Enable Private Google Access on your VPC Network subnet

New Google Cloud Projects have a default VPC Network with a default subnet for each Compute Engine region. If this is the case for your Cloud project, then you should be able to enable Private Google Access as instructed here:

https://cloud.google.com/vpc/docs/configure-private-google-access#config-pga

As an example, if you run all of your jobs in the region us-central1, and do not explicitly set the --network or --subnetwork on the command line, then your jobs run in the VPC Network named default and in the us-central1 subnetwork named default. In this case, follow the instructions provided to enable Private Google Access on this subnetwork.

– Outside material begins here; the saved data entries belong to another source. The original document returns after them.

// Who is above whom, for all accounts at once.
ghost use Rattle.std.specs.Prelude.{◌≡◌, ℕ, false, ◌||◌, length, Decides};
ghost use Rattle.charts.specs.Chains.{Chain, Leads};
ghost use Rattle.charts.specs.Members.{member};
ghost use Rattle.charts.specs.Passes.{Followed, Passed};
ghost use Rattle.charts.specs.Sets.{over, joins, Any};

use crate::accounts::Accounts;
use crate::chart::{Chart, Line};

// For each account a set of accounts from which lines lead to it: 32 KB.
#[derive(Clone, Copy, Debug)]
pub struct Sources {
    sets: [Accounts; 512],
}

impl Sources {
    fn none() -> Sources
        ensures { (a b : ℕ) → over result a b ≡ false }
    {
        Sources {
            sets: [Accounts::none(); 512],
        }
    }

    // The accounts in the set of this one.
    pub fn of(&self, account: u16) -> Accounts
        ensures { (a : ℕ) → member result a ≡ over self.now a account }
    {
        self.sets
            .get(usize::from(account))
            .copied()
            .unwrap_or_default()
    }

    // Puts where the line leads from into the set of where it leads to.
    fn put(&mut self, line: Option<Line>)
        ensures { (a b : ℕ) → over self.new a b ≡ (over self.old a b || joins line a b) }
    {
        let Some(line) = line.filter(Line::joins_accounts) else {
            return;
        };
        self.sets[usize::from(line.to)].insert(line.from);
    }

    // Puts where the line leads from, and all above that, above where it leads to; tells whether one is new.
    fn follow(&mut self, line: Option<Line>) -> bool
        ensures { Followed over Any line self.old self.new result }
    {
        let Some(line) = line.filter(Line::joins_accounts) else {
            return false;
        };
        let higher = self.sets[usize::from(line.from)];
        let set = &mut self.sets[usize::from(line.to)];
        let new = set.insert(line.from);
        let more = set.absorb(&higher);
        new | more
    }
}

// For every account the accounts from which a chain leads to it. Costs eight words for each line in each
// pass; there is at most one pass more than the longest of the shortest chains has lines, and two do where
// each line stands behind those that lead to its start.
pub fn all_above<C: Chart>(chart: &C) -> Sources
    ensures { (a b : ℕ) → Decides (over result a b) (Chain (C.lines chart.now) a b) }
{
    let mut above = Sources::none();
    while climb(chart, &mut above) {}
    above
}

// Follows every line once; tells whether an account is new above another. `pass` of a search is like it for one
// account: a trait for both would have three ghost members for this loop.
fn climb<C: Chart>(chart: &C, above: &mut Sources) -> bool
    ensures { Passed over Any (C.lines chart.now) (length (C.lines chart.now)) above.old above.new result }
{
    let mut grew = false;
    for line in chart.iter() {
        grew |= above.follow(line);
    }
    grew
}

// For every account the accounts from which one line leads to it. Costs a step for each line.
pub fn direct_sources<C: Chart>(chart: &C) -> Sources
    ensures { (a b : ℕ) → Decides (over result a b) ((at : ℕ) × Leads (C.lines chart.now) at a b) }
{
    let mut sources = Sources::none();
    for line in chart.iter() {
        sources.put(line);
    }
    sources
}
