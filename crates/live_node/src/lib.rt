//! One live node over a link: a drone or a station, in turns.
//!
//! [`run_drone`] sends a heartbeat, and then reads the link turn by turn: the frames that a piece completes are heard,
//! and an idle link lets time pass. [`run_station`] gives one order after its heartbeat, and takes turns until that
//! has an end. What a call of the node sends is written to the link, and then its lines to the output, before the next
//! read. The contract says of a run which calls of the node it is made of, in the same definitions as a scenario's,
//! that its turns are the link's answers in order, and what was written of it, however it ends.
//!
//! [`run_asked_drone`] and [`run_asked_station`] do so for the words of a command line, with the key, the file and the
//! store that these name.
#![tactic(auto)]

mod drone_asked;
mod drones;
mod ends;
mod nodes;
mod order_words;
mod run_log;
mod sending;
mod station_asked;
mod stations;
mod telling;
mod turns;

pub use drone_asked::{Store, run_asked_drone};
pub use drones::{DronePlan, run_drone, run_new_drone};
pub use nodes::LiveNode;
pub use run_log::{Ending, RunLog};
pub use station_asked::run_asked_station;
pub use stations::{StationPlan, run_station};
use std::alloc::AllocError;

/// There was no memory.
pub type NoMemory = AllocError;
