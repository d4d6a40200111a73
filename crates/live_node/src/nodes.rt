// A drone or a station, over a stream.
ghost use Rattle.std.specs.Prelude.{◌≡◌, ◌∷◌, ◌++◌, ℕ, List, [], Some, false, IfOk, IfErr, OnOk};
ghost use Rattle.std.specs.declared.option.Option.{Option};
ghost use Rattle.mav_frame.specs.declared.events.Event.{Event};
ghost use Rattle.mav_sign.specs.Streams.{reader_of};
ghost use Rattle.mav_nodes.specs.Stores.{Serves, HasFailed, AllKept};
ghost use Rattle.mav_nodes.specs.Promises.{Did};
ghost use Rattle.mav_nodes.specs.Images.{StoreHolds};
ghost use Rattle.mav_nodes.specs.GivenUp.{DroneGivenUp};
ghost use Rattle.mav_sign.specs.Endpoints.{frames_of};
ghost use Rattle.mav_nodes.specs.Nodes.{DroneSide, StationSide, IsDrone, IsStation};
ghost use Rattle.mav_nodes.specs.Streams.{HasRead, GrowsBy, DronePart, StationPart, DronePartFails, StationPartFails};
ghost use Rattle.node_reports.specs.Nodes.{Node};
ghost use Rattle.node_reports.specs.ParamLists.{params_of};
ghost use Rattle.live_node.specs.Nodes.{IsLive, HasHeard, IsKeptBy, end_of};
ghost use Rattle.live_node.specs.Calls.{LiveCall, call_does, node_obeys};
ghost use Rattle.live_node.specs.GivenUp.{CallLeaves, PieceLeaves};
ghost use Rattle.live_node.specs.Orders.{node_refuses, order_end, OrderFailsAt};
ghost use Rattle.run_status.specs.declared.live_ends.LiveEnd.TheVariants.{StoreFault};
ghost use Rattle.run_status.specs.declared.run_ends.RunEnd.TheVariants.{Live};
ghost use Rattle.live_node.specs.Progress.{due_call};
ghost use Rattle.live_node.specs.Parts.{PieceHeard, PieceFails, CallFails};

use mav_nodes::{DroneNode, News, NodeFault, Order, OrderFault, StationNode};
use param_proto::Param;
use plan_store::Keeper;
use std::alloc::Global;

/// A node over a stream.
#[derive(Drop)]
pub enum LiveNode {
    Drone(DroneNode),
    Station(StationNode),
}

/// A call that needs nothing but the time.
#[derive(Clone, Copy)]
pub(crate) enum Due {
    Tick,
    Heartbeat,
    Sim,
}

// A drone takes a piece.
fn drone_part<S: Keeper>(
    drone: &mut DroneNode,
    piece: &[u8],
    clock: u64,
    keeper: &mut S,
) -> Result<Vec<News>, NodeFault>
    ensures done { IfOk result (λ news. (node : DroneSide) (taken : List ℕ) (given : List Event)
        → IsDrone node drone.old → HasRead taken given drone.old.link
        → DronePart clock node (taken ++ piece.now) given
        (AllKept (HasFailed S.faults S.is_infallible keeper.old keeper.new)) drone.new news.items) }
    ensures stored { OnOk result (StoreHolds (S.contents keeper.old) drone.old
        → StoreHolds (S.contents keeper.new) drone.new) }
    ensures given { IfErr result (λ fault. StoreHolds (S.contents keeper.old) drone.old
        → (node : DroneSide) (taken : List ℕ) (given events : List Event) → IsDrone node drone.old
        → HasRead taken given drone.old.link
        → GrowsBy drone.old.link.endpoint.extras (taken ++ piece.now) given events
        → DroneGivenUp clock (AllKept (HasFailed S.faults S.is_infallible keeper.old keeper.new))
        (S.contents keeper.new) (frames_of events) node) }
    ensures serves { Serves S.faults S.is_infallible keeper.old keeper.new }
    ensures fault { IfErr result (λ fault. DronePartFails fault clock drone.old piece.now
        (AllKept (HasFailed S.faults S.is_infallible keeper.old keeper.new))
        (HasFailed S.faults S.is_infallible keeper.old keeper.new)) }
{
    match drone.part(piece, clock, keeper) {
        Ok((_, news)) => Ok(news),
        Err(fault) => Err(fault),
    }
}

// A station takes a piece.
fn station_part(station: &mut StationNode, piece: &[u8], clock: u64) -> Result<Vec<News>, NodeFault>
    ensures done { IfOk result (λ news. (node : StationSide) (taken : List ℕ) (given : List Event)
        → IsStation node station.old → HasRead taken given station.old.link
        → StationPart clock node (taken ++ piece.now) given station.new news.items) }
    ensures fault { IfErr result (λ fault. StationPartFails fault clock station.old piece.now) }
{
    match station.part(piece, clock) {
        Ok((_, news)) => Ok(news),
        Err(fault) => Err(fault),
    }
}

impl LiveNode {
    /// Drops it where nothing else is owned.
    pub(crate) fn discard(self) {
        match self {
            LiveNode::Drone(drone) => drone.discard(),
            LiveNode::Station(station) => station.discard(),
        }
    }

    /// Takes a piece of the stream, and hears the frames that it completes.
    pub(crate) fn part<S: Keeper>(
        &mut self,
        piece: &[u8],
        clock: u64,
        keeper: &mut S,
    ) -> Result<Vec<News>, NodeFault>
        ensures done { IfOk result (λ news. (node : Node) (taken : List ℕ) (given : List Event) → IsLive node self.old
            → HasHeard taken given self.old
            → PieceHeard clock node (taken ++ piece.now) given
            (AllKept (HasFailed S.faults S.is_infallible keeper.old keeper.new)) self.new news.items) }
        ensures stored { OnOk result (IsKeptBy (S.contents keeper.old) self.old
            → IsKeptBy (S.contents keeper.new) self.new) }
        ensures given { IfErr result (λ fault. IsKeptBy (S.contents keeper.old) self.old
            → PieceLeaves clock piece.now (AllKept (HasFailed S.faults S.is_infallible keeper.old keeper.new))
            (S.contents keeper.new) self.old) }
        ensures serves { Serves S.faults S.is_infallible keeper.old keeper.new }
        ensures fault { IfErr result (λ fault. PieceFails fault clock piece.now self.old
            (HasFailed S.faults S.is_infallible keeper.old keeper.new)) }
    {
        match self {
            LiveNode::Drone(drone) => drone_part(drone, piece, clock, keeper),
            LiveNode::Station(station) => station_part(station, piece, clock),
        }
    }

    /// Lets time pass, sends HEARTBEAT, or lets a drone fly.
    pub(crate) fn call<S: Keeper>(
        &mut self,
        alloc: Global,
        due: Due,
        clock: u64,
        keeper: &mut S,
    ) -> Result<Vec<News>, NodeFault>
        ensures done { IfOk result (λ news. (node : Node) → IsLive node self.old
            → Did (call_does (due_call due clock) node) (λ after. IsLive after self.new) [] news.items) }
        ensures reader { reader_of (end_of self.new).endpoint ≡ reader_of (end_of self.old).endpoint }
        ensures stored { OnOk result (IsKeptBy (S.contents keeper.old) self.old
            → IsKeptBy (S.contents keeper.new) self.new) }
        ensures given { IfErr result (λ fault. IsKeptBy (S.contents keeper.old) self.old
            → (node : Node) (call : LiveCall) → IsLive node self.old
            → CallLeaves (S.contents keeper.new) node (call ∷ [])) }
        ensures serves { Serves S.faults S.is_infallible keeper.old keeper.new }
        ensures fault { IfErr result (λ fault. (node : Node) → IsLive node self.old
            → CallFails fault (call_does (due_call due clock) node)
            (HasFailed S.faults S.is_infallible keeper.old keeper.new)) }
    {
        match (self, due) {
            (LiveNode::Drone(drone), Due::Tick) => drone.tick(clock, keeper),
            (LiveNode::Drone(drone), Due::Heartbeat) => drone.heartbeat(clock, keeper),
            (LiveNode::Drone(drone), Due::Sim) => drone.sim(clock, keeper),
            (LiveNode::Station(station), Due::Tick) => station.tick(clock),
            (LiveNode::Station(station), Due::Heartbeat) => station.heartbeat(clock),
            (LiveNode::Station(_), Due::Sim) => Ok(Vec::new(alloc)),
        }
    }

    /// Follows an order, or refuses it; a drone follows none.
    pub(crate) fn order(
        &mut self,
        alloc: Global,
        order: Order,
        clock: u64,
    ) -> Result<Vec<News>, OrderFault>
        ensures accepted { OnOk result ((node : Node) → IsLive node self.old → node_refuses node order ≡ false) }
        ensures done { IfOk result (λ news. (node : Node) → IsLive node self.old
            → Did (node_obeys clock order node) (λ after. IsLive after self.new) [] news.items) }
        ensures reader { reader_of (end_of self.new).endpoint ≡ reader_of (end_of self.old).endpoint }
        ensures stored { OnOk result ((contents : Option (List ℕ)) → IsKeptBy contents self.old
            → IsKeptBy contents self.new) }
        ensures fault { IfErr result (λ fault. (node : Node) → IsLive node self.old
            → OrderFailsAt clock order node fault) }
        ensures given { IfErr result (λ fault. (node : Node) (contents : Option (List ℕ)) (call : LiveCall)
            → IsLive node self.old → CallLeaves contents node (call ∷ [])) }
        ensures unstored { IfErr result (λ fault. order_end fault ≡ Live StoreFault → ⊥) }
    {
        match self {
            LiveNode::Drone(_) => Ok(Vec::new(alloc)),
            LiveNode::Station(station) => station.order(order, clock),
        }
    }

    /// The values of a station's latest list of parameters; a drone lists none.
    pub(crate) fn params(&self) -> &[Param]
        ensures { (node : Node) → IsLive node self.now → result.now ≡ params_of (Some node) }
    {
        match self {
            LiveNode::Drone(_) => &[],
            LiveNode::Station(station) => station.params(),
        }
    }
}
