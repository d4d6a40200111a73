// The lines of news, and all that is written of a call's news.
ghost use Rattle.std.specs.Prelude.{◌≡◌, ◌⊎◌, ◌∷◌, [], List, map, Some, None, OnOk, IfOk, IfErr};
ghost use Rattle.std.specs.Result.{result_err};
ghost use Rattle.mav_nodes.specs.News.{NodeEvent, shown, said_by, events_of};
ghost use Rattle.node_reports.specs.ParamLists.{HaveValues};
ghost use Rattle.plan_upload.specs.Outcomes.{told_of};
ghost use Rattle.live_node.specs.declared.run_log.Ending.TheVariants.{Done};
ghost use Rattle.live_node.specs.Texts.{count_with, ending_in, ending_told, ending_by_file, first_of};
ghost use Rattle.live_node.specs.Ports.{FaultsBy, PrintFaults, SameRead, IsTellingEnd};
ghost use Rattle.live_node.specs.Progress.{Said, Tells, TellsAll, Prints};

use crate::NoMemory;
use crate::run_log::{Ending, RunLog};
use crate::sending::send_news;
use field_layout::Label;
use fleet_report::Report;
use mav_links::Link;
use mav_nodes::{FileEnd, News};
use mav_ports::{Sink, write_all};
use node_reports::report_piece;
use param_proto::Param;
use plan_upload::Outcome;
use run_status::{LiveEnd, RunEnd};
use std::alloc::Global;

// It is done, and gave no bytes.
fn done(alloc: Global) -> Ending
    ensures { result ≡ Done [] }
{
    Ending::Done(Label::new(Vec::new(alloc)))
}

// How the operation of a station has ended with an outcome.
fn ending_of(alloc: Global, outcome: &Outcome) -> Ending
    ensures { result ≡ ending_told (told_of outcome.now) }
{
    match outcome {
        Outcome::Installed | Outcome::Cleared | Outcome::Got(_) => done(alloc),
        Outcome::NotInstalled(code) | Outcome::Ended(code) => Ending::Refused(*code),
        Outcome::Unknown => Ending::Refused(1),
    }
}

// How one on files has ended, with a copy of the bytes that it gave.
fn ending_by_file(alloc: Global, end: &FileEnd) -> Result<Ending, NoMemory>
    ensures { IfOk result (λ ending. ending ≡ ending_by_file end.now) }
{
    match end {
        FileEnd::Done(bytes) => Ok(Ending::Done(Label::new(bytes.bytes().to_vec(alloc)?))),
        FileEnd::Refused(code) => Ok(Ending::Refused(*code)),
        FileEnd::NoAnswer => Ok(Ending::Unanswered),
    }
}

// How it has ended with a piece of news, if it has.
fn ending_in(alloc: Global, piece: &News) -> Result<Option<Ending>, NoMemory>
    ensures { IfOk result (λ ending. (event : NodeEvent) → said_by piece.now ≡ shown event
        → ending ≡ ending_in event) }
{
    match piece {
        News::Outcome(outcome) => Ok(Some(ending_of(alloc, outcome))),
        News::Command(Some(0)) => Ok(Some(done(alloc))),
        News::Command(Some(code)) => Ok(Some(Ending::Refused(*code))),
        News::Command(None) | News::Params(None) => Ok(Some(Ending::Unanswered)),
        News::Param(_) | News::Params(Some(_)) => Ok(Some(done(alloc))),
        News::File(end) => Ok(Some(ending_by_file(alloc, end)?)),
        _ => Ok(None),
    }
}

// How many frames the node has sent with a piece of news.
fn count_with(sent: usize, piece: &News) -> usize
    ensures { (event : NodeEvent) → said_by piece.now ≡ shown event → result ≡ count_with sent event }
{
    match piece {
        News::Sent(_, _) => sent.saturating_add(1),
        _ => sent,
    }
}

impl RunLog {
    // Keeps how the operation has ended with a piece of news, if it hadn't before.
    fn keep_ending(&mut self, piece: &News) -> Result<(), NoMemory>
        ensures { OnOk result ((event : NodeEvent) → said_by piece.now ≡ shown event
            → self.new ≡ record self.old { ending = first_of self.old.ending (ending_in event) }) }
    {
        if self.ending.is_none() {
            self.ending = ending_in(self.alloc, piece)?;
        }
        Ok(())
    }

    // Adds the line of a piece of news.
    fn tell_one(
        &mut self,
        values: &[Param],
        piece: &News,
        report: &mut Report,
    ) -> Result<(), NoMemory>
        ensures { OnOk result ((event : NodeEvent) → said_by piece.now ≡ shown event
            → HaveValues values.now (event ∷ [])
            → Tells (event ∷ []) self.old self.new report.old report.new) }
    {
        let sent = self.sent;
        report_piece(report, self.name, values, sent.saturating_add(1), piece)?;
        self.sent = count_with(sent, piece);
        self.keep_ending(piece)
    }

    // Adds the lines of news.
    fn tell_all(
        &mut self,
        values: &[Param],
        news: &[News],
        report: &mut Report,
    ) -> Result<(), NoMemory>
        ensures { OnOk result ((events : List NodeEvent) → events_of news.now ≡ map shown events
            → HaveValues values.now events
            → Tells events self.old self.new report.old report.new) }
    {
        for piece in news {
            self.tell_one(values, piece, report)?;
        }
        Ok(())
    }

    // The lines of news.
    fn lines(&mut self, values: &[Param], news: &[News]) -> Result<Report, NoMemory>
        ensures { IfOk result (λ report. (events : List NodeEvent) → events_of news.now ≡ map shown events
            → HaveValues values.now events
            → TellsAll events self.old self.new report) }
    {
        let mut report = Report::new(self.alloc, false);
        self.tell_all(values, news, &mut report)?;
        Ok(report)
    }

    // Writes the lines of news.
    fn print<K: Sink>(&mut self, values: &[Param], out: &mut K, news: &[News]) -> Result<(), RunEnd>
        ensures printed { (events : List NodeEvent) → events_of news.now ≡ map shown events
            → HaveValues values.now events
            → Prints (result_err result) events self.old self.new (K.sent out.old) (K.sent out.new) }
        ensures faults { PrintFaults (result_err result) (K.faults out.old) (K.faults out.new) }
        ensures end { IfErr result (λ end. (end ≡ RunEnd.WriteFault) ⊎ (end ≡ RunEnd.NoMemory)) }
    {
        let report = self.lines(values, news)?;
        write_all(out, report.bytes())?;
        Ok(())
    }

    /// Writes what a call told: its frames to the link, and then its lines, also if the link fails.
    pub(crate) fn tell<L: Link, K: Sink>(
        &mut self,
        values: &[Param],
        link: &mut L,
        out: &mut K,
        news: &[News],
    ) -> Result<(), RunEnd>
        ensures said { (events : List NodeEvent) → events_of news.now ≡ map shown events → HaveValues values.now events
            → Said (result_err result) events self.old self.new (L.state link.old) (L.state link.new) (K.sent out.old)
            (K.sent out.new) }
        ensures faults { FaultsBy (result_err result) (L.state link.old).faults (L.state link.new).faults
            (K.faults out.old) (K.faults out.new) }
        ensures unread { SameRead (L.state link.old) (L.state link.new) }
        ensures end { IfErr result IsTellingEnd }
    {
        let sent = send_news(link, news);
        match self.print(values, out, news) {
            Ok(()) => {}
            Err(end) => return Err(end),
        }
        match sent {
            Ok(()) => Ok(()),
            Err(_) => Err(RunEnd::Live(LiveEnd::PortFault)),
        }
    }
}
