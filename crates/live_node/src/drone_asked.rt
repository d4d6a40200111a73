// The command `drone`, with the key that its line names.
ghost use Rattle.std.specs.Prelude.{◌≡◌, length, true, false, map, string_bytes, IsErr, IsErrOf};
ghost use Rattle.std.specs.Result.{result_err};
ghost use Rattle.command_line.specs.Forms.{has_given};
ghost use Rattle.command_line.specs.Lines.{asked_by, given_of};
ghost use Rattle.command_line.specs.Nodes.{DroneSays};
ghost use Rattle.live_node.specs.Runs.{stores_of};
ghost use Rattle.live_node.specs.DroneAsked.{Flown, devices};
ghost use Rattle.command_inputs.specs.NamedKeys.{WithGivenKey};
ghost use Rattle.run_status.specs.Seen.{input_of, output_of, before_status_over};

use crate::{DronePlan, run_drone, run_new_drone};
use command_inputs::read_given_key;
use command_line::{Line, OptionName};
use mav_links::Link;
use mav_ports::{Clock, Sink, Source};
use plan_store::Keeper;
use run_status::RunEnd;
use std::alloc::Global;

/// A store of a drone's plans.
pub type Store = Box<dyn Keeper>;

/// Runs the drone that a line asks for at the port, with the store if the line names one. Writes no status line.
pub fn run_asked_drone<S: Source, K: Sink, C: Clock>(
    alloc: Global,
    line: &Line,
    key: &mut S,
    ports: &mut Vec<Box<dyn Link>>,
    keepers: &mut Vec<Store>,
    out: &mut K,
    clock: &mut C,
) -> Result<(), RunEnd>
    requires says { DroneSays (map string_bytes line.now.words.items) line.now.ports.items line.now.system }
    requires link { length ports.old.items ≡ 1 }
    requires store { has_given OptionName.Store (map given_of line.now.settings.items) ≡ true
        → length keepers.old.items ≡ 1 }
    ensures flown { WithGivenKey
        (before_status_over (output_of K.faults K.sent out.old out.new) (result_err result)) (IsErr result)
        ((ports.new ≡ ports.old) × (keepers.new ≡ keepers.old) × (clock.new ≡ clock.old))
        (input_of S.has_ended S.faults S.idles S.left key.old key.new)
        (λ bytes. Flown (devices state
        (stores_of ⟦<Store as Keeper>⟧.faults ⟦<Store as Keeper>⟧.is_infallible ⟦<Store as Keeper>⟧.contents) C.always
        ports.old.items ports.new.items keepers.old.items keepers.new.items clock.old clock.new) (asked_by line.now)
        (output_of K.faults K.sent out.old out.new) (result_err result) bytes) }
    ensures unkept { has_given OptionName.Store (map given_of line.now.settings.items) ≡ false
        → keepers.new ≡ keepers.old }
    ensures sound { ¬ IsErrOf result RunEnd.WriteFault → K.faults out.new ≡ K.faults out.old }
    ensures not_usage { ¬ IsErrOf result RunEnd.Usage }
{
    let key = read_given_key(key)?;
    let plan = DronePlan {
        sys: line.system,
        turns: line.turns(),
    };
    if line.has(OptionName::Store) {
        run_drone(alloc, key, plan, &mut ports[0], out, clock, &mut keepers[0])
    } else {
        run_new_drone(alloc, key, plan, &mut ports[0], out, clock)
    }
}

If you do not enable Private Google Access, then VMs launched with no public IP address can get stuck in startup, unable to communicate with the Pipelines API service, the task status only reflecting that a worker was assigned.

Ensure your job accesses only Google Services

The default --image used for dsub tasks is ubuntu:14.04 which is pulled from Dockerhub. For VMs that do not have a public IP address, set the --image flag to a Docker image hosted by Google Container Registry or Artifact Registry.

Google provides a set of Managed Base Images in Container Registry that can be used as simple replacements for your tasks.

Also ensure that your user --command or --script does not require access to the internet. For example, ensure it does not download resource files with curl or wget. You can copy such resource files into a Cloud Storage bucket in your project and set localize the files with the --input flag.

Use the --use-private-address flag

With the appropriate subnetwork configured for Private Google Access and job configured to access only Google Services, you should be able to use the --use-private-address flag successfully.

It is highly recommended that you test your job carefully, checking dstat ... --full events and your --logging files to ensure that your job makes progress and runs to completion. A misconfigured job can hang indefinitely or until the infrastructure terminates the task. The Google providers default --timeout is 7 days.